Но она не хочет. И никогда не сможет.
– Ох, да что такое? – уже второй день кожа под кольцом неприятно чесалась, будто тело Даны пыталось ей о чем-то сказать. Или это просто раздражение из-за того, что она его редко снимает? Девушка стянула кольцо (оно, почти вросшее в кость, перемещалось с большим сопротивлением), аккуратно положила на полку и долго терла палец намыленной мочалкой, до тех пор, пока кожа не перестала чесаться. Вот и всё. Никаких глупых символов и суеверий, просто грязь.
– ДАНА! ДАНА!!! – сквозь шум воды донесся крик из комнаты, и девушка, схватив полотенце, бросилась туда, судя по громкости крика, ожидая увидеть подругу как минимум со сломанной ногой и как максимум – беременной. Но Юлька сидела на диване и втыкала в старенький телек, по которому передавали утренние новости. Не заметив, что соседка рядом, она заорала снова, – ДАНА, СКОРЕЕ!
– Тупица, – Дана залепила соседке подзатыльник, – Я думала, что ты тут подыхаешь, идиотка!

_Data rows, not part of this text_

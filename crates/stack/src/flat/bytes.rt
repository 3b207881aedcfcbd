// A memory in bytes of its own.
ghost use Rattle.std.specs.Prelude.{◌≡◌, vec_items};

use super::entries::Entries;
use super::{FlatMemory, UNIT, fit, read_part, write_part};

// 4,608 bytes for each unit of size.
pub type ByteMemory = FlatMemory<Vec<u8>>;

impl Entries for Vec<u8> {
    ghost bytes = { λ v. vec_items v };

    ghost becomes = { λ _ xs w. vec_items w ≡ xs };

    ghost width = { 1 };

    ghost holds = { λ _ _ _ e. e };

    fn size_for(entries: usize) -> Option<usize> {
        fit(entries, UNIT)
    }

    fn count(&self) -> usize {
        self.len()
    }

    fn read_at(&self, start: usize, into: &mut [u8]) {
        read_part(self.as_slice(), start, into);
    }

    fn write_at(&mut self, start: usize, part: &[u8]) {
        write_part(self.as_mut_slice(), start, part);
    }
}
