// What a flat memory keeps its bytes in. Its calls ask that a part lies within; no crate but this one can name it.
ghost use Rattle.std.specs.Prelude.{◌≡◌, ℕ, ◌+◌, ◌*◌, ◌≤◌, List, length, take, drop};
ghost use Rattle.stack.specs.Flat.{at_least_one, replaced, size_of};

// Entries of one byte each, or of several.
pub trait Entries: Drop {
    // The bytes, in order.
    ghost bytes: { Self → List ℕ };

    // What it becomes exactly when its bytes become those.
    ghost becomes: { Self → List ℕ → Self → Type 0 };

    // The bytes of an entry.
    ghost width: { ℕ };

    // The size that so many entries fit, if they fit one from 1 to 1,024.
    fn size_for(entries: usize) -> Option<usize>
        ensures fits { result ≡ at_least_one (size_of (width * entries)) };

    // How many entries there are.
    fn count(&self) -> usize
        ensures counts { width * result ≡ length (bytes self.now) };

    // Copies a part of the bytes.
    fn read_at(&self, start: usize, into: &mut [u8])
        requires lies { start + length into.old ≤ length (bytes self.now) }
        ensures copies { into.new ≡ take (length into.old) (drop start (bytes self.now)) };

    // Writes a part of the bytes.
    fn write_at(&mut self, start: usize, part: &[u8])
        requires lies { start + length part.now ≤ length (bytes self.old) }
        ensures writes { becomes self.old (replaced (bytes self.old) start part.now) self.new };

    ghost holds: { (s t : Self) (xs : List ℕ) → becomes s xs t → bytes t ≡ xs };
}
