// A memory in bytes that a host lends.
ghost use Rattle.std.specs.Prelude.{◌≡◌, ◌*◌};
ghost use Rattle.stack.specs.Flat.{Lent, at_least_one, size_of};

use super::entries::Entries;
use super::{FlatMemory, UNIT, fit, read_part, write_part};

// 4,608 bytes for each unit of size.
pub type LentMemory<'a> = FlatMemory<&'a mut [u8]>;

impl Entries for &mut [u8] {
    ghost bytes = { λ s. s.now };

    ghost becomes = { Lent };

    ghost width = { 1 };

    ghost holds = { λ _ _ _ e. e.bytes };

    fn size_for(entries: usize) -> Option<usize>
        ensures fits { result ≡ at_least_one (size_of (1 * entries)) }
    {
        fit(entries, UNIT)
    }

    fn count(&self) -> usize {
        self.len()
    }

    fn read_at(&self, start: usize, into: &mut [u8]) {
        read_part(self, start, into);
    }

    fn write_at(&mut self, start: usize, part: &[u8]) {
        write_part(self, start, part);
    }
}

– Ты глянь! – Юлька даже не повернулась к ней, даже не возмутилась физическому насилию. Все её внимание было приковано к происходящему на экране, где корреспондент что-то вещал, стоя напротив стены…видимо, станции метро, – Вчера четыре станции, сегодня ещё две. Когда они успевают?!
Дана, поплотнее запахнув полотенце, опустилась рядом с подругой, забив на то, что с влажных от душа волос капает вода. Корреспондент говорил что-то об архитектурных ценностях города и показывал на стену станции, где, прямо под названием «МАЯКОВСКАЯ», шла другая надпись, ярко-красная, выведенная, судя по всему, краской, продолжающая название и заключающая её в новый смысл. Дане казалось, что она может слышать её пылающе-негодующую песнь даже сквозь телевизионный экран:
МАЯКОВСКАЯ правда была в ритме и слове. Вы забираете у нас и то, и другое!
– Нам бы их наглость, – с плохо скрываемой завистью прошипела Юлька, когда вместо станции метро экран стал демонстрировать бородатого священника, призывающего всех вести себя правильно и не оскорблять исторические ценности, – Уж тогда бы мы…
– Спалились и давно сидели бы за решеткой.
– Какая же ты пессимистка…
– Я реалистка, – взглянув на часы и осознав, что осталось не так уж много времени, Дана потянулась к фену, – Если хочешь выжить в этом мире, нужно уметь подстраиваться. Если бы мы все выпячивали то, что отличает нас от других…
«Помни: я хочу помочь».
Дана оборвала внутренний голос, не давая мыслям уйти дальше, в темные глубины её прошлого и ужас вчерашнего дня. Она ничего не выпячивает, она приспособилась к миру, ей не нужна помощь какого-то психопата…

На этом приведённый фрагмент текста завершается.